Dog Tag and P38 Can Opener


----------



## photoflyer (Nov 17, 2018)

Peeb said:


> Liquify filter



No that's the spirit.


----------



## snowbear (Nov 17, 2018)

Just a close up of my lunch/dinner water.


----------



## Peeb (Nov 17, 2018)

Photo processed with brush strokes and then texture-ized to look like on canvas


----------



## photoflyer (Nov 17, 2018)

Peeb said:


> Liquify filter



No that's the spirit.


----------



## DennyN (Nov 17, 2018)

On a mirror with the little piece of cardboard holding it up cloned out. I was tempted to clone out the edge of the mirror too but decided I kind of liked it.


----------



## gk fotografie (Nov 18, 2018)

Panel of our Kettler crosstrainer. Canon G9 + additional red layer + zoomblur in post.


----------



## mountainjunkie (Nov 18, 2018)




----------



## gk fotografie (Nov 19, 2018)

What you see is frying fat that has solidified in the baking pan, I made a new, second layer in post (black with a transparent circle to fit the size of the contents of the baking pan) and I slightly accentuated the color of the frying fat. Mirrored this image twice to get the final result. Camera: Canon G9


----------



## Jeff G (Nov 19, 2018)

CrepeMyrtle by Jeff Goff, on Flickr


----------



## Jeff G (Nov 19, 2018)

flower by Jeff Goff, on Flickr


----------



## waday (Nov 19, 2018)

Extra by Wade, on Flickr


----------



## CherylL (Nov 19, 2018)

waday said:


> Extra by Wade, on Flickr



Ceiling tile art or rug art?


----------



## waday (Nov 19, 2018)

CherylL said:


> waday said:
> 
> 
> > Extra by Wade, on Flickr
> ...


Ceiling tile


----------



## Dean_Gretsch (Nov 19, 2018)

Raindrops on a window


----------



## gk fotografie (Nov 20, 2018)

My wife got this from someone years ago, hangs on the wall in her hobby room, between the diplomas. The mask reminds me of the Carnival in Venice. (you could call this photo a kind of double exposure in post - on a second layer a slightly lighter enlargement of the original is made) Camera: Canon G9


----------



## Dean_Gretsch (Nov 20, 2018)

Very nice effect gk!


----------



## D7K (Nov 20, 2018)

I'll play - I'm not used to messing too much with effects so I've stuck with a one I'm sure we're all familiar with; The Oil Painting!
(If a landscape counts as an ordinary subject?!)

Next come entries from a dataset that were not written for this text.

// The words of the settings, each of 4 bytes, read from lent bytes and written there. Each part stands behind the one before it.
// No trait has these reads and writes: nothing is generic over the parts, and each names its own fields either way.
ghost use Rattle.std.specs.Prelude.{◌≡◌, ◌+◌, ◌≤◌, length};
ghost use Rattle.wire.specs.Wire.{put};
ghost use Rattle.settings.specs.Words.{address_length, address_at, address_bytes, bucket_length, bucket_at, bucket_bytes, shapers_length, shapers_at, shapers_bytes};
ghost use Rattle.settings.specs.Words.{queues_length, queues_at, queues_bytes, fairness_length, fairness_at, fairness_bytes, site_length, site_at, site_bytes};
ghost use Rattle.settings.specs.Words.{settings_length, settings_at, settings_bytes};

use crate::{Address, Bucket, Fairness, Queues, Settings, Shapers, Site};

const WORD: usize = 4;

impl Settings {
    const RINGLET: usize = Address::LENGTH;

    const MTU: usize = Settings::RINGLET + WORD;

    const SHAPERS: usize = Settings::MTU + WORD;

    const QUEUES: usize = Settings::SHAPERS + Shapers::LENGTH;

    const FAIRNESS: usize = Settings::QUEUES + Queues::LENGTH;

    const SITE: usize = Settings::FAIRNESS + Fairness::LENGTH;

    pub const LENGTH: usize = Settings::SITE + Site::LENGTH;

    pub const WORDS: usize = Settings::LENGTH / WORD;

    // The settings whose words stand in `s` from `at` on.
    pub fn read(s: &[u8], at: usize) -> Settings
        requires { at + settings_length ≤ length s.now }
        ensures { result ≡ settings_at s.now at }
    {
        Settings {
            address: Address::read(s, at),
            ringlet: wire::get32(s, at + Settings::RINGLET),
            mtu: wire::get32(s, at + Settings::MTU),
            shapers: Shapers::read(s, at + Settings::SHAPERS),
            queues: Queues::read(s, at + Settings::QUEUES),
            fairness: Fairness::read(s, at + Settings::FAIRNESS),
            site: Site::read(s, at + Settings::SITE),
        }
    }

    // Writes the words of the settings to `s` from `at` on.
    pub fn write(self, s: &mut [u8], at: usize)
        requires { at + settings_length ≤ length s.old }
        ensures { s.new ≡ put s.old at (settings_bytes self) }
    {
        self.address.write(s, at);
        wire::put32(s, at + Settings::RINGLET, self.ringlet);
        wire::put32(s, at + Settings::MTU, self.mtu);
        self.shapers.write(s, at + Settings::SHAPERS);
        self.queues.write(s, at + Settings::QUEUES);
        self.fairness.write(s, at + Settings::FAIRNESS);
        self.site.write(s, at + Settings::SITE);
    }
}

impl Address {
    const LENGTH: usize = 2 * WORD;

    // The address whose words stand in `s` from `at` on.
    fn read(s: &[u8], at: usize) -> Address
        requires { at + address_length ≤ length s.now }
        ensures { result ≡ address_at s.now at }
    {
        let [high, low] = wire::read_words::<2>(s, at);
        Address { high, low }
    }

    // Writes the words of an address to `s` from `at` on.
    fn write(self, s: &mut [u8], at: usize)
        requires { at + address_length ≤ length s.old }
        ensures { s.new ≡ put s.old at (address_bytes self) }
    {
        wire::write_words([self.high, self.low], s, at);
    }
}

impl Bucket {
    const LENGTH: usize = 3 * WORD;

    // The shaper's settings whose words stand in `s` from `at` on.
    fn read(s: &[u8], at: usize) -> Bucket
        requires { at + bucket_length ≤ length s.now }
        ensures { result ≡ bucket_at s.now at }
    {
        let [lo, hi, amount] = wire::read_words::<3>(s, at);
        Bucket { lo, hi, amount }
    }

    // Writes the words of a shaper's settings to `s` from `at` on.
    fn write(self, s: &mut [u8], at: usize)
        requires { at + bucket_length ≤ length s.old }
        ensures { s.new ≡ put s.old at (bucket_bytes self) }
    {
        wire::write_words([self.lo, self.hi, self.amount], s, at);
    }
}

impl Shapers {
    const LENGTH: usize = 5 * Bucket::LENGTH;

    // The shapers' settings whose words stand in `s` from `at` on.
    fn read(s: &[u8], at: usize) -> Shapers
        requires { at + shapers_length ≤ length s.now }
        ensures { result ≡ shapers_at s.now at }
    {
        Shapers {
            m: Bucket::read(s, at),
            a: Bucket::read(s, at + 12),
            b: Bucket::read(s, at + 24),
            c: Bucket::read(s, at + 36),
            d: Bucket::read(s, at + 48),
        }
    }

    // Writes the words of the shapers' settings to `s` from `at` on.
    fn write(self, s: &mut [u8], at: usize)
        requires { at + shapers_length ≤ length s.old }
        ensures { s.new ≡ put s.old at (shapers_bytes self) }
    {
        self.m.write(s, at);
        self.a.write(s, at + 12);
        self.b.write(s, at + 24);
        self.c.write(s, at + 36);
        self.d.write(s, at + 48);
    }
}

impl Queues {
    const LENGTH: usize = 4 * WORD;

    // The queues' settings whose words stand in `s` from `at` on.
    fn read(s: &[u8], at: usize) -> Queues
        requires { at + queues_length ≤ length s.now }
        ensures { result ≡ queues_at s.now at }
    {
        let [control, primary, secondary, threshold] = wire::read_words::<4>(s, at);
        Queues {
            control,
            primary,
            secondary,
            threshold,
        }
    }

    // Writes the words of the queues' settings to `s` from `at` on.
    fn write(self, s: &mut [u8], at: usize)
        requires { at + queues_length ≤ length s.old }
        ensures { s.new ≡ put s.old at (queues_bytes self) }
    {
        wire::write_words(
            [self.control, self.primary, self.secondary, self.threshold],
            s,
            at,
        );
    }
}

impl Fairness {
    const LENGTH: usize = 7 * WORD;

    // The fairness settings whose words stand in `s` from `at` on.
    fn read(s: &[u8], at: usize) -> Fairness
        requires { at + fairness_length ≤ length s.now }
        ensures { result ≡ fairness_at s.now at }
    {
        let [weight, unit, ticks, unreserved, age, lp, ramp] = wire::read_words::<7>(s, at);
        Fairness {
            weight,
            unit,
            ticks,
            unreserved,
            age,
            lp,
            ramp,
        }
    }

    // Writes the words of the fairness settings to `s` from `at` on.
    fn write(self, s: &mut [u8], at: usize)
        requires { at + fairness_length ≤ length s.old }
        ensures { s.new ≡ put s.old at (fairness_bytes self) }
    {
        wire::write_words(
            [
                self.weight,
                self.unit,
                self.ticks,
                self.unreserved,
                self.age,
                self.lp,
                self.ramp,
            ],
            s,
            at,
        );
    }
}

impl Site {
    const LENGTH: usize = 4 * WORD;

    // The settings of the site whose words stand in `s` from `at` on.
    fn read(s: &[u8], at: usize) -> Site
        requires { at + site_length ≤ length s.now }
        ensures { result ≡ site_at s.now at }
    {
        let [stations, method, trip, down] = wire::read_words::<4>(s, at);
        Site {
            stations,
            method,
            trip,
            down,
        }
    }

    // Writes the words of the site's settings to `s` from `at` on.
    fn write(self, s: &mut [u8], at: usize)
        requires { at + site_length ≤ length s.old }
        ensures { s.new ≡ put s.old at (site_bytes self) }
    {
        wire::write_words([self.stations, self.method, self.trip, self.down], s, at);
    }
}
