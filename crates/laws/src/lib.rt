// General definitions and lemmas: specs/ has the definitions, proofs/ their laws. No code, and nothing of this project.
#![tactic(auto)]
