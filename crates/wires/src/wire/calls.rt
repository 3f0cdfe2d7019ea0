ghost use Rattle.std.specs.Prelude.{◌≡◌, ℕ, ◌<◌, ◌≤◌, map, length, replicate, is_some, Some, None, IfOk, MatchResult, slice_index_or, slice_set};
ghost use Rattle.fault.specs.declared.CallFault.TheVariants.{Unknown};
ghost use Rattle.plant.specs.Air.{ends_of};
ghost use Rattle.plant.specs.Calls.{Puts, waits_elsewhere, moved, length_of};
ghost use Rattle.wires.specs.Wires.{kind_of, spread, wire_ends, wire_air, wire_put, wire_take};
ghost use Rattle.std.proofs.Common.{rules};
ghost use Rattle.wires.specs.Alone.{wire_lawful};

use super::Wire;
use crate::inbox::{Inbox, fill_others, others_wait, release};
use arrayvec::ArrayVec;
use fault::CallFault;
use plant::{Circuit, End, FrameOctets, Kind, Plant, check_room};

impl<const N: usize> Wire<N> {
    // A wire of so many ends, on which nothing waits.
    pub(crate) fn bare(ends: usize) -> Wire<N>
        requires some { 2 ≤ ends }
        requires few { ends ≤ 8 }
        requires room { ends ≤ N }
        ensures { wire_ends result ≡ replicate ends None }
    {
        let mut inboxes = ArrayVec::new();
        for _ in 0..ends {
            inboxes.push(Inbox::default());
        }
        Wire { inboxes }
    }

    // Refuses any circuit but the wire's own.
    fn check(&self, circuit: Circuit) -> Result<(), CallFault>
        ensures { MatchResult result (λ _. circuit.0 ≡ 0) (λ x. (x ≡ Unknown) × (1 ≤ circuit.0)) }
    {
        if circuit.0 > 0 {
            return Err(CallFault::Unknown);
        }
        Ok(())
    }

    // How many ends there are.
    fn len(&self) -> usize
        ensures { result ≡ length (wire_ends self.now) }
    {
        self.inboxes.len()
    }

    // The number of an end of the wire.
    fn number(&self, end: End) -> Result<usize, CallFault>
        ensures { MatchResult result (λ k. (end.circuit.0 ≡ 0) × (k ≡ end.number) × (k < length (wire_ends self.now))) (λ x. (x ≡ Unknown) × (ends_of (wire_air self.now) end.circuit.0 ≤ end.number)) }
    {
        self.check(end.circuit)?;
        if end.number >= self.len() {
            return Err(CallFault::Unknown);
        }
        Ok(end.number)
    }

    // Whether a frame waits at an end.
    fn waits_at(&self, end: usize) -> bool
        requires { end < length (wire_ends self.now) }
        ensures { result ≡ is_some (slice_index_or (wire_ends self.now) end None) }
    {
        self.inboxes[end].waits()
    }

    // Whether a frame waits at another end.
    fn is_blocked(&self, end: usize) -> bool
        ensures { result ≡ waits_elsewhere (wire_ends self.now) end (length (wire_ends self.now)) }
    {
        others_wait(&self.inboxes, end)
    }

    // The frame then waits at all other ends.
    fn deliver(&mut self, end: usize, frame: FrameOctets)
        ensures { wire_ends self.new ≡ spread (wire_ends self.old) (length (wire_ends self.old)) end frame.entry.octets.now }
    {
        fill_others(&mut self.inboxes, end, frame);
    }

    // Moves what waits at an end to the buffer's front, and answers its length.
    fn release(&mut self, end: usize, buffer: &mut [u8]) -> Option<usize>
        requires place { end < length (wire_ends self.old) }
        requires room { 275 ≤ length buffer.old }
        ensures answer { result ≡ length_of (slice_index_or (wire_ends self.old) end None) }
        ensures buffer { buffer.new ≡ moved (slice_index_or (wire_ends self.old) end None) buffer.old }
        ensures after { wire_ends self.new ≡ slice_set (wire_ends self.old) end None }
    {
        release(&mut self.inboxes[end], buffer)
    }
}

impl<const N: usize> Plant for Wire<N> {
    ghost air = { wire_air };

    ghost put_over = { wire_put };

    ghost take_over = { wire_take };

    ghost lawful = { wire_lawful };

    ghost put_means = { Prim.search rules };

    ghost take_means = { Prim.search rules };

    fn circuits(&self) -> usize {
        1
    }

    fn kind(&self, circuit: Circuit) -> Result<Kind, CallFault> {
        self.check(circuit)?;
        if N == 2 {
            Ok(Kind::PointToPoint)
        } else {
            Ok(Kind::Broadcast)
        }
    }

    fn ends(&self, circuit: Circuit) -> Result<usize, CallFault> {
        self.check(circuit)?;
        Ok(self.len())
    }

    fn waits(&self, end: End) -> Result<bool, CallFault> {
        let number = self.number(end)?;
        Ok(self.waits_at(number))
    }

    fn put(&mut self, end: End, frame: &[u8]) -> Result<usize, CallFault>
        ensures puts { Puts wire_air wire_put self.old self.new end.circuit.0 end.number frame.now result }
        ensures whole { IfOk result (λ n. n ≡ 0) }
    {
        let frame = FrameOctets::new(frame)?;
        let number = self.number(end)?;
        if self.is_blocked(number) {
            return Err(CallFault::Waiting);
        }
        self.deliver(number, frame);
        Ok(0)
    }

    fn take(&mut self, end: End, buffer: &mut [u8]) -> Result<Option<usize>, CallFault> {
        check_room(buffer)?;
        let number = self.number(end)?;
        Ok(self.release(number, buffer))
    }
}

Taken on a trip last weekend, just as winter arrived in the mountains.


----------



## waday (Nov 20, 2018)

Extra by Wade, on Flickr


----------



## freixas (Nov 20, 2018)




----------



## freixas (Nov 20, 2018)




----------



## freixas (Nov 20, 2018)




----------



## pathcontinues (Nov 20, 2018)

Dads’ Dinner


----------



## CherylL (Nov 20, 2018)

Before the cranberries got melted down.
1.


 
2.


----------



## CherylL (Nov 20, 2018)

Channeling @gk fotografie maybe?  My attempt


----------



## Dean_Gretsch (Nov 21, 2018)

Very cool. Looks like a grater?


----------



## gk fotografie (Nov 21, 2018)

Dean_Gretsch said:


> Very nice effect gk!


Thank you!



CherylL said:


> Channeling @gk fotografie maybe?  My attempt
> 
> View attachment 166183


I hardly use any adjustments, normally (only) contrast or curves. For the background I thought that some purple accents, via saturation, would be nice.


----------



## gk fotografie (Nov 21, 2018)




----------



## gk fotografie (Nov 21, 2018)

*between2chairs*
(color + sepia combination)


----------



## Dean_Gretsch (Nov 21, 2018)




----------



## waday (Nov 21, 2018)

Extra by Wade, on Flickr


----------



## gk fotografie (Nov 22, 2018)

*Time flies when you are having fun*

I did not want to go that far...but it "smugged" so nicely.
(as always, the things that look so simple are the most time-consuming, combining the edited background with the unprocessed part of the mirror, while the rest of the image should remain intact, has taken a considerable amount of time) Created with plug-in Smudge by Pyrochild, this picture fits nicely into my gallery of absurdities.


----------



## Dean_Gretsch (Nov 22, 2018)

That is a really great effect GK...molten metal! Looks like mercury.


----------



## waday (Nov 22, 2018)

Extra by Wade, on Flickr


----------



## Dean_Gretsch (Nov 22, 2018)

My money is on your heart...


----------



## waday (Nov 22, 2018)

Extra by Wade, on Flickr


----------



## gk fotografie (Nov 23, 2018)

(Fuji XE1 + Meike f/2.0 - 6,5mm fisheye lens)


----------



## CherylL (Nov 28, 2018)

Dean_Gretsch said:


> Very cool. Looks like a grater?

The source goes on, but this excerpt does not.